Hello, midnightnurse!
We need more information.
A full description of the figure is required.
Presently, I am guessing the following "facts" . . .
We have a quadrant of a circle with radius 4 (the "4-circle").
There is a semicircle of radius 2 (the "2-circle").
The "4 cm" at the bottom is not the length of the chord.
. . It is obviously a radius of the 4-circle.
We have a mystery circle tangent to the 2-circle.
It appears to extend beyond the 4-circle.
With no further constraints, it could have any radius.
I assume the problem intends this:
P1) Rightmost semicircle is centered on that vertical line, has diameter 4 cm.
P2) Bottom shape is a semicircle whose center is on that horizontal line.
P3) The circles touch at a point (hence tangentially).
P4) The leftmost point of the bottom circle is 4 cm from the bottom-most point of the right semicircle.

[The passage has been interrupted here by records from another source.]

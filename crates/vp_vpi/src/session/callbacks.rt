// A session's callbacks on changes of values (IEEE Std 1364-2005, 27.33 and 27.34).
ghost use Rattle.std.specs.Prelude.{◌≡◌, ◌+◌, false, true, option_copied, option_map, IfErr, IfOk, IsOk, IsOkAnd, IsOkUnless, OnErr, OnOk, ◌↔◌};
ghost use Rattle.vp_policy.specs.Users.{member_at};
ghost use Rattle.vp_notify.specs.Registry as registry;
ghost use Rattle.vp_vpi.specs.Calls.{Explains, Refuses, is_watchable, watchable_of, watched_of};
ghost use Rattle.vp_vpi.specs.Observers.{is_watch_denied};
ghost use Rattle.vp_vpi.specs.SessionStates.{drained, object_of, polled, retired, with_callback, with_due, without_callback};

use super::Session;
use crate::error::VpiError;
use crate::observer::Observe;
use vp_elab::{Kind, ObjectId};
use vp_notify::{Callback, Change, Notices};
use vp_policy::Policy;
use vp_pragma::{Right, Rights};
use vp_text::Shared;

/// An object is there whose changes can be watched: a net or a reg.
fn is_watchable(kind: Option<Kind>) -> bool
    ensures { result ≡ is_watchable kind }
{
    match kind {
        Some(Kind::Net | Kind::Reg) => true,
        _ => false,
    }
}

impl Session {
    /// The object of a handle, whose changes the user may watch. Refused where the number is no handle (1101), the user lacks the right
    /// to watch (1109), or the object is no net or reg (1102), or out of memory (1107).
    fn watchable<E: Observe>(&self, observation: &E, handle: u32) -> Result<ObjectId, VpiError>
        requires { E.is_sound observation.now }
        ensures ok { IfOk result (λ o. watchable_of (E.observer observation.now)
            (object_of self.now.handles handle) ≡ Ok o.0) }
        ensures refused { IfErr result (λ e. Refuses (watchable_of (E.observer observation.now)
            (object_of self.now.handles handle)) e) }
    {
        let object = self.allowed(observation, handle, Right::Watch)?;
        if is_watchable(observation.kind(object)) {
            Ok(object)
        } else {
            Err(VpiError::WrongKind)
        }
    }

    /// A callback on the changes of a handle's object, and its number (27.33). Refused where the number is no handle (1101), the user
    /// lacks the right to watch (1109), the object is no net or reg (1102), with too many callbacks (1001), or out of memory (1107).
    /// A refusal leaves the session as it was.
    pub fn register_cb<E: Observe>(&mut self, observation: &E, handle: u32) -> Result<u32, VpiError>
        requires { E.is_sound observation.now }
        ensures number { IfOk result (λ n. n ≡ self.old.registry.given + 1) }
        ensures registered { OnOk result
            (IsOkAnd (watched_of (E.observer observation.now) self.old.registry
            (object_of self.old.handles handle)) (λ o. self.new ≡ with_callback o self.old)) }
        ensures refused { IfErr result (λ e. Explains (watched_of (E.observer observation.now)
            self.old.registry (object_of self.old.handles handle)) e) }
        ensures unchanged { OnErr result (self.new ≡ self.old) }
    {
        let object = self.watchable(observation, handle)?;
        Ok(self.registry.register(object)?)
    }

    /// Removes the callback of a number (27.34); its notices that wait stay. Refused where no callback has the number (1002),
    /// which leaves the session as it was.
    pub fn remove_cb(&mut self, callback: u32) -> Result<(), VpiError>
        ensures found { IsOk result
            ↔ (registry.has_number self.old.registry callback ≡ true) }
        ensures removed { OnOk result (self.new ≡ without_callback callback self.old) }
        ensures refused { IsOkUnless result VpiError.NoSuchCallback }
        ensures unchanged { OnErr result (self.new ≡ self.old) }
    {
        Ok(self.registry.remove(callback)?)
    }

    /// Its callbacks, by object, each object's in order of registration.
    pub fn callbacks(&self) -> &[Callback]
        ensures { result.now ≡ self.now.registry.callbacks }
    {
        self.registry.callbacks()
    }

    /// Takes out its callbacks on objects that its user may not watch by a policy, and the notices of these objects that wait (docs/POLICY.md,
    /// "Grants that change"). Takes no memory.
    pub fn retire(&mut self, policy: &Policy)
        ensures { self.new ≡ retired (is_watch_denied policy.now.tree
            (member_at policy.now.members self.old.user)) self.old }
    {
        self.retire_unwatchable(policy.row(self.user));
    }

    /// Takes out its callbacks on objects that these rights, by object, do not let be watched, and the notices of these objects that wait.
    /// Takes no memory.
    pub fn retire_unwatchable(&mut self, rights: &[Rights])
        ensures { self.new ≡ retired (registry.is_unwatchable rights.now) self.old }
    {
        self.registry.retire(rights);
    }

    /// Some callback of it is on an object.
    pub fn watches(&self, object: ObjectId) -> bool
        ensures { result ≡ registry.watches self.now.registry object.0 }
    {
        self.registry.watches(object)
    }

    /// A change at a time is due to the callbacks on its object (27.33). Takes no memory.
    pub fn on_changes(&mut self, change: Option<&Change>, time: u64)
        ensures { self.new ≡ with_due (option_copied change.entry) time self.old }
    {
        self.registry.on_changes(change, time);
    }

    /// The notices that wait, and how many were lost since the last `drain`; or out of memory (1107). `drain` takes them out.
    pub fn poll(&self) -> Result<Shared<Notices>, VpiError>
        ensures told { IfOk result (λ n. n ≡ polled self.now) }
        ensures refused { IsOkUnless result VpiError.NoMemory }
    {
        let notices = self.registry.notices()?;
        Ok(Shared::new(self.alloc, notices)?)
    }

    /// No notice waits any more, and none counts as lost. Takes no memory.
    pub fn drain(&mut self)
        ensures { self.new ≡ drained self.old }
    {
        self.registry.clear();
    }
}
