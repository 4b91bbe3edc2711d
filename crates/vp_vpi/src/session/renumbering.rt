// A session whose objects have other numbers now: of each number before, in order, the number now.
ghost use Rattle.std.specs.Prelude.{◌≡◌, length, true};
ghost use Rattle.vp_notify.specs.Renumbered.{number_now, rises};
ghost use Rattle.vp_vpi.specs.Renumbered.{is_session_state_within, moved_session_state};

use super::Session;

impl Session {
    /// The objects of its handles, of its callbacks and of the notices that wait are among so many.
    pub fn is_within(&self, count: usize) -> bool
        ensures { result ≡ is_session_state_within count self.now }
    {
        self.handles.are_within(count) && self.registry.is_within(count)
    }

    /// Gives the objects of its handles, of its callbacks and of the notices that wait their numbers now. Takes no memory.
    pub fn renumber(&mut self, numbers: &[u32])
        requires rises { rises numbers.now ≡ true }
        requires within { is_session_state_within (length numbers.now) self.old ≡ true }
        ensures { self.new ≡ moved_session_state (number_now numbers.now) self.old }
    {
        self.handles.renumber(numbers);
        self.registry.renumber(numbers);
    }
}
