// The handles of a session: kept are those that are not freed.
ghost use Rattle.std.specs.Bool.{OnFalse};
ghost use Rattle.std.specs.List.{list_all};
ghost use Rattle.std.specs.Option.{option_flatten};
ghost use Rattle.std.specs.Prelude.{◌≡◌, ◌^◌, ◌+◌, ◌<◌, ◌≤◌, [], ◌∷◌, ◌++◌, count_by, is_some, length, map, None, slice_get, slice_set, vec_capacity, vec_len, Some, IfNone, IfSome, IsOk, OnErr, OnOk};
ghost use Rattle.vp_notify.specs.Renumbered.{number_now};
ghost use Rattle.vp_vpi.specs.HandleTables.{IsPlaceOf, is_open_within, moved_open, opened_from};
ghost use Rattle.vp_vpi.specs.Renumbered.{is_handle_within, moved_handle};
ghost use Rattle.vp_vpi.specs.SessionStates.{number_limit};

use std::alloc::{AllocError, Global};
use std::marker::Model;
use vp_elab::ObjectId;
use vp_notify::number_now;

/// A handle that is not freed: its index, which is its number less one, and its object.
#[derive(Clone, Copy)]
pub(crate) struct OpenHandle {
    index: u32,
    object: ObjectId,
}

/// A user's handles, of which those that were freed take no memory. A contract sees, of each that was made, its object; none where it
/// was freed.
#[derive(Drop)]
pub(crate) struct HandleTable {
    /// The handles that are not freed, by rising index.
    opened: Vec<OpenHandle>,
    /// How many handles were made.
    made: u32,
}

impl Model for HandleTable {
    ghost use Rattle.std.specs.Prelude.{◌≡◌, List, Option};
    ghost use Rattle.vp_elab.specs.declared.object.ObjectId.{ObjectId};
    ghost use Rattle.vp_vpi.specs.HandleTables.{handles_of, opened_from};

    ghost Value = { List (Option ObjectId) };

    ghost view = { λ t. handles_of t.made t.opened.items };

    ghost invariant = { λ t. t.opened.items ≡ opened_from 0 (handles_of t.made t.opened.items) };
}

/// Adds those of these handles that are not freed, of which the first has an index. There is room for them.
fn add_opened(
    opened: &mut Vec<OpenHandle>,
    index: u32,
    handles: &[Option<ObjectId>],
) -> Result<(), AllocError>
    requires numbers { index + length handles.now ≤ number_limit }
    requires room { vec_len opened.old + length handles.now ≤ vec_capacity opened.old }
    ensures added { opened.new.items ≡ opened.old.items ++ opened_from index handles.now }
    ensures ok { IsOk result }
{
    for place in 0..handles.len() {
        if let Some(object) = handles[place] {
            opened.push(OpenHandle {
                index: index + place as u32,
                object,
            })?;
        }
    }
    Ok(())
}

/// The objects of these handles are among so many.
fn are_open_within(opened: &[OpenHandle], count: usize) -> bool
    ensures { result ≡ list_all (is_open_within count) opened.now }
{
    opened
        .iter()
        .all(|handle| (handle.object.0 as usize) < count)
}

/// A handle whose object has its number now.
fn renumbered(handle: OpenHandle, numbers: &[u32]) -> OpenHandle
    ensures { result ≡ moved_open (number_now numbers.now) handle }
{
    OpenHandle {
        index: handle.index,
        object: number_now(numbers, handle.object),
    }
}

/// Gives the objects of these handles their numbers now.
fn renumber_opened(opened: &mut Vec<OpenHandle>, numbers: &[u32])
    ensures { opened.new.items ≡ map (moved_open (number_now numbers.now)) opened.old.items }
{
    for place in 0..opened.len() {
        opened[place] = renumbered(opened[place], numbers);
    }
}

impl HandleTable {
    /// A table without handles.
    pub(crate) fn new(alloc: Global) -> HandleTable
        ensures { result ≡ [] }
    {
        HandleTable {
            opened: Vec::new(alloc),
            made: 0,
        }
    }

    /// How many handles were made.
    pub(crate) fn len(&self) -> usize
        ensures made { result ≡ length self.now }
        ensures small { result < 2 ^ 32 }
    {
        self.made as usize
    }

    /// How many handles are not freed.
    pub(crate) fn open_count(&self) -> usize
        ensures { result ≡ count_by is_some self.now }
    {
        self.opened.len()
    }

    /// The place of the handle with an index among those that are not freed.
    fn place(&self, index: usize) -> Option<usize>
        ensures found { IfSome result (IsPlaceOf (opened_from 0 self.now) index) }
        ensures absent { IfNone result (option_flatten (slice_get self.now index) ≡ None) }
    {
        match self
            .opened
            .binary_search_by_key(&index, |handle| handle.index as usize)
        {
            Ok(place) => Some(place),
            Err(_) => None,
        }
    }

    /// The object of the handle with an index; none where it was freed, and past the end.
    pub(crate) fn object(&self, index: usize) -> Option<ObjectId>
        ensures { result ≡ option_flatten (slice_get self.now index) }
    {
        match self.place(index) {
            Some(place) => Some(self.opened[place].object),
            None => None,
        }
    }

    /// Adds a handle. Out of memory leaves the table as it was.
    pub(crate) fn push(&mut self, object: ObjectId) -> Result<(), AllocError>
        requires { length self.old < number_limit }
        ensures pushed { OnOk result (self.new ≡ self.old ++ Some object ∷ []) }
        ensures unchanged { OnErr result (self.new ≡ self.old) }
    {
        let index = self.made;
        self.opened.push(OpenHandle { index, object })?;
        self.made += 1;
        Ok(())
    }

    /// Adds handles, all of them; or none, when out of memory.
    pub(crate) fn extend(&mut self, more: &[Option<ObjectId>]) -> Result<(), AllocError>
        requires { length self.old + length more.now ≤ number_limit }
        ensures added { OnOk result (self.new ≡ self.old ++ more.now) }
        ensures unchanged { OnErr result (self.new ≡ self.old) }
    {
        self.opened.reserve(more.len())?;
        add_opened(&mut self.opened, self.made, more)?;
        self.made += more.len() as u32;
        Ok(())
    }

    /// Frees the handle with an index; reports whether it was one.
    pub(crate) fn take(&mut self, index: usize) -> bool
        ensures taken { self.new ≡ slice_set self.old index None }
        ensures there { result ≡ is_some (option_flatten (slice_get self.old index)) }
        ensures unchanged { OnFalse result (self.new ≡ self.old) }
    {
        match self.place(index) {
            Some(place) => {
                let _handle = self.opened.remove(place);
                true
            }
            None => false,
        }
    }

    /// The objects of its handles that are not freed are among so many.
    pub(crate) fn are_within(&self, count: usize) -> bool
        ensures { result ≡ list_all (is_handle_within count) self.now }
    {
        are_open_within(&self.opened, count)
    }

    /// Gives the objects of its handles their numbers now. Takes no memory.
    pub(crate) fn renumber(&mut self, numbers: &[u32])
        ensures { self.new ≡ map (moved_handle (number_now numbers.now)) self.old }
    {
        renumber_opened(&mut self.opened, numbers);
    }
}
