// The races that a session is shown.
ghost use Rattle.std.specs.Prelude.{◌≡◌, Ok, IfErr, IfOk, IsOkUnless};
ghost use Rattle.vp_vpi.specs.Calls.{Explains, lines_of, race_of};

use super::Session;
use crate::error::VpiError;
use crate::observer::Observe;
use crate::races::{RaceDetails, RaceLine};
use vp_text::{Sequence, Shared};

impl Session {
    /// The races that the user is shown, from a number on, at most 100; they are numbered from 1, and from 0 on is from 1 on. The only
    /// refusal is out of memory (1107).
    pub fn races<E: Observe>(
        &self,
        observation: &E,
        from: u64,
    ) -> Result<Shared<Sequence<RaceLine>>, VpiError>
        requires { E.is_sound observation.now }
        ensures lines { IfOk result (λ lines. lines ≡ lines_of (E.observer observation.now) from) }
        ensures refused { IsOkUnless result VpiError.NoMemory }
    {
        let lines = observation.race_lines(self.alloc, from)?;
        Ok(Shared::new(self.alloc, lines)?)
    }

    /// A race with its steps, by its number among those that the user is shown. Refused where there is none of that number (1108), or for want of
    /// memory (1107).
    pub fn race<E: Observe>(
        &self,
        observation: &E,
        number: u64,
    ) -> Result<Shared<RaceDetails>, VpiError>
        requires { E.is_sound observation.now }
        ensures race { IfOk result (λ race. race_of (E.observer observation.now) number ≡ Ok race) }
        ensures refused { IfErr result
            (λ e. Explains (race_of (E.observer observation.now) number) e) }
    {
        match observation.race(self.alloc, number) {
            Ok(Some(told)) => match Shared::new(self.alloc, told) {
                Ok(race) => Ok(race),
                Err(_) => Err(VpiError::NoMemory),
            },
            Ok(None) => Err(VpiError::NoSuchRace),
            Err(_) => Err(VpiError::NoMemory),
        }
    }
}
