impl Dialogue {
    fn new(alloc: Global) -> Dialogue
        ensures stage { result.stage ≡ Stage.Before }
        ensures lines { result.lines ≡ 0 }
        ensures line { IsBegun result.line [] }
    {
        Dialogue {
            alloc,
            stage: Stage::Before,
            lines: 0,
            line: Line::new(alloc),
            out_of_memory: false,
        }
    }

    /// What the line that was read is answered. The next line begins.
    fn reply_line<C: Caller>(&mut self, caller: &mut C) -> Result<Vec<u8>, LineError>
        ensures reply { (line : List ℕ) → IsBegun self.old.line line
            → Answers (lacks_memory result) C.calls (turn_of self.old.stage line)
            (point_of self.old caller.old) (reply_text vec_items result)
            (point_of self.new caller.new) }
        ensures begun { IsBegun self.new.line [] }
        ensures lines { self.new.lines ≡ self.old.lines }
        ensures out_of_memory { self.new.out_of_memory ≡ self.old.out_of_memory }
    {
        let turn = self.line.turn(self.alloc, self.stage);
        self.line.begin();
        let request = match turn {
            Ok(request) => request,
            Err(error) => return Err(error),
        };
        let Ok(spare) = Vec::with_capacity(self.alloc, SPARE) else {
            return Err(LineError::NoMemory);
        };
        let (stage, line) = ask(self.alloc, self.stage, request, caller, spare);
        self.stage = stage;
        line
    }

    /// Answers the line that was read, and begins the next. Where it is answered that there is no memory, that is remembered.
    fn answer<W: Write, C: Caller>(
        &mut self,
        writer: &mut Counted<W>,
        caller: &mut C,
    ) -> Result<(), Failed>
        requires { self.old.lines + 1 < 2 ^ 64 }
        ensures reply { (line : List ℕ) → IsBegun self.old.line line
            → AnswersLine self.old.out_of_memory self.new.out_of_memory C.calls
            (turn_of self.old.stage line) (point_of self.old caller.old)
            (point_of self.new caller.new) result (W.contents writer.old.inner)
            (W.contents writer.new.inner) }
        ensures begun { IsBegun self.new.line [] }
        ensures lines { self.new.lines ≡ self.old.lines + 1 }
        ensures failures { writer.new.failures ≡ failures_after writer.old.failures result }
    {
        self.lines += 1;
        match self.reply_line(caller) {
            Ok(line) => writer.write(&line),
            Err(error) => {
                self.out_of_memory = error.is_no_memory_or(self.out_of_memory);
                writer.write(error.line())
            }
        }
    }

    /// Answers the first line that ends in some bytes, and gives what is left; or keeps them for the next line, where none ends.
    fn take_first<'a, W: Write, C: Caller>(
        &mut self,
        bytes: &'a [u8],
        writer: &mut Counted<W>,
        caller: &mut C,
    ) -> Result<Option<&'a [u8]>, Failed>
        requires { self.old.lines + length bytes.now < 2 ^ 64 }
        ensures progress { Takes C.calls self.old caller.old self.new caller.new
            (W.contents writer.old.inner) (W.contents writer.new.inner) bytes.now result
            (option_map (λ l. l.now)) }
        ensures lines { IfOk result
            (λ remaining. self.new.lines + remaining_size (option_map (λ l. l.now) remaining)
            ≤ self.old.lines + length bytes.now) }
        ensures shorter { IfOk result (λ remaining.
            IfSome remaining (λ l. length l.now < length bytes.now)) }
        ensures failures { writer.new.failures ≡ failures_after writer.old.failures result }
    {
        let (piece, after) = first_piece(bytes, b'\n');
        self.line.push_bytes(piece);
        let Some(rest) = after else {
            return Ok(None);
        };
        self.answer(writer, caller)?;
        Ok(Some(rest))
    }

    /// Answers the lines that end in some bytes, and keeps the rest for the next.
    fn take<W: Write, C: Caller>(
        &mut self,
        bytes: &[u8],
        writer: &mut Counted<W>,
        caller: &mut C,
    ) -> Result<(), Failed>
        requires { self.old.lines + length bytes.now < 2 ^ 64 }
        ensures progress { Takes C.calls self.old caller.old self.new caller.new
            (W.contents writer.old.inner) (W.contents writer.new.inner) bytes.now result
            (λ u. None) }
        ensures lines { OnOk result (self.new.lines ≤ self.old.lines + length bytes.now) }
        ensures failures { writer.new.failures ≡ failures_after writer.old.failures result }
    {
        let mut remaining = Some(bytes);
        while let Some(rest) = remaining {
            remaining = self.take_first(rest, writer, caller)?;
        }
        Ok(())
    }

    /// Answers the last line of the input, if one has begun.
    fn answer_last<W: Write, C: Caller>(
        &mut self,
        writer: &mut Counted<W>,
        caller: &mut C,
    ) -> Result<(), Failed>
        requires { self.old.lines + 1 < 2 ^ 64 }
        ensures whole { Finishes C.calls self.old caller.old self.new caller.new
            (W.contents writer.old.inner) (W.contents writer.new.inner) result }
        ensures failures { writer.new.failures ≡ failures_after writer.old.failures result }
    {
        if self.line.has_begun() {
            self.answer(writer, caller)
        } else {
            Ok(())
        }
    }

    /// Answers the last line at the end of the input, and hands all that was written on.
    fn finish<W: Write, C: Caller>(
        &mut self,
        writer: &mut Counted<W>,
        caller: &mut C,
    ) -> Result<(), Failed>
        requires { self.old.lines + 1 < 2 ^ 64 }
        ensures whole { Finishes C.calls self.old caller.old self.new caller.new
            (W.contents writer.old.inner) (W.contents writer.new.inner) result }
        ensures failures { writer.new.failures ≡ failures_after writer.old.failures result }
    {
        self.answer_last(writer, caller)?;
        writer.flush()
    }

    /// Answers the lines that end in what was read, and hands all that was written on.
    fn proceed<W: Write, C: Caller>(
        &mut self,
        bytes: &[u8],
        writer: &mut Counted<W>,
        caller: &mut C,
    ) -> Result<(), Failed>
        requires { self.old.lines + length bytes.now < 2 ^ 64 }
        ensures progress { Takes C.calls self.old caller.old self.new caller.new
            (W.contents writer.old.inner) (W.contents writer.new.inner) bytes.now result
            (λ u. None) }
        ensures lines { OnOk result (self.new.lines ≤ self.old.lines + length bytes.now) }
        ensures failures { writer.new.failures ≡ failures_after writer.old.failures result }
    {
        self.take(bytes, writer, caller)?;
        writer.flush()
    }

    /// Reads once, and answers the lines that end in what was read; at the end of the input also one that lacks its newline.
    /// Reports whether the input has ended.
    fn turn<R: Read, W: Write, C: Caller>(
        &mut self,
        chunk: &mut [u8; CHUNK],
        reader: &mut Counted<R>,
        writer: &mut Counted<W>,
        caller: &mut C,
    ) -> Result<bool, WireError>
        requires { self.old.lines + CHUNK < 2 ^ 64 }
        ensures goes { (first : C) → (unread held : Option (List ℕ))
            → Progress C.calls unread (R.remaining reader.old.inner) held
            (W.contents writer.old.inner) first self.old caller.old None
            → MatchResult result (λ ended. Goes ended C.calls unread
            (R.remaining reader.new.inner) held
            (W.contents writer.new.inner) first self.new caller.new)
            (λ e. Stops e C.calls unread (R.remaining reader.new.inner) held
            (W.contents writer.new.inner) first (point_of self.new caller.new)) }
        ensures fault { IsErrOf result WireError.TurnLimit → ⊥ }
        ensures lines { IfOk result (λ ended. ended ≡ false
            → self.new.lines ≤ self.old.lines + CHUNK) }
        ensures asked { reader.new.asked ≡ one_more reader.old.asked }
        ensures reader_failures { reader.new.failures ≡ reader_failures reader.old.failures result }
        ensures writer_failures { writer.new.failures ≡ writer_failures writer.old.failures result }
    {
        match reader.read(chunk) {
            Ok(Some(0)) => match self.finish(writer, caller) {
                Ok(()) => Ok(true),
                Err(_) => Err(WireError::WriteFault),
            },
            Ok(Some(count)) => match self.proceed(&chunk[..count], writer, caller) {
                Ok(()) => Ok(false),
                Err(_) => Err(WireError::WriteFault),
            },
            Ok(None) => Ok(false),
            Err(_) => Err(WireError::ReadFault),
        }
    }

    /// Reads and answers lines up to the end of the input; a last line may lack its newline.
    fn run<R: Read, W: Write, C: Caller>(
        &mut self,
        reader: &mut Counted<R>,
        writer: &mut Counted<W>,
        caller: &mut C,
    ) -> Result<(), WireError>
        requires { self.old.lines ≡ 0 }
        ensures goes { (first : C) → (unread held : Option (List ℕ))
            → Progress C.calls unread (R.remaining reader.old.inner) held
            (W.contents writer.old.inner) first self.old caller.old None
            → MatchResult result (λ u. IsWhole self.new.out_of_memory C.calls unread
            (R.remaining reader.new.inner) held
            (W.contents writer.new.inner) first (point_of self.new caller.new) self.new.lines)
            (λ e. Stops e C.calls unread (R.remaining reader.new.inner) held
            (W.contents writer.new.inner) first (point_of self.new caller.new)) }
        ensures asked { IsErrOf result WireError.TurnLimit
            → reader.new.asked ≡ (reader.old.asked + TURN_LIMIT) % 2 ^ 64 }
        ensures reader_failures { reader.new.failures ≡ reader_failures reader.old.failures result }
        ensures writer_failures { writer.new.failures ≡ writer_failures writer.old.failures result }
    {
        let mut chunk = [0u8; CHUNK];
        for _ in 0..TURN_LIMIT {
            if self.turn(&mut chunk, reader, writer, caller)? {
                return Ok(());
            }
        }
        Err(WireError::TurnLimit)
    }
}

In that case, you might set the problem up this way:
0) All distances in centimeters.
1) Bottom left point is the origin.
2) Bottom semicricle has radius r.
3) Right semicircle has radius 2 and center (4, 2).
Then by #2, bottom semicircle has center at (r, 0).
Here's the key observation: since they touch tangentially, the distance between two centers is the sum of their radii.
That becomes Distance( (r,0), (4,2) ) = 2 + r.
Thus:
$\displaystyle \sqrt{ (4-r)^2 + (2-0)^2} = 2+r$
$\displaystyle \sqrt{ (4-r)^2 + 4} = 2+r$
$\displaystyle (4-r)^2 + 4 = (2+r)^2$
$\displaystyle (16 - 2(4)(r) + r^2) + 4 = 4 + 2(2)(r) + r^2$
$\displaystyle r^2 - 8r + 20 = r^2 +4r + 4$
$\displaystyle - 8r + 20 = 4r + 4$
$\displaystyle - 8r -4r = 4 - 20$
$\displaystyle -12r = -16$
$\displaystyle r = \frac{-16}{-12}$
$\displaystyle r = \frac{4}{3}$.
The answer is that the bottom semicircle has a radius of $\displaystyle \frac{4}{3}$ cm.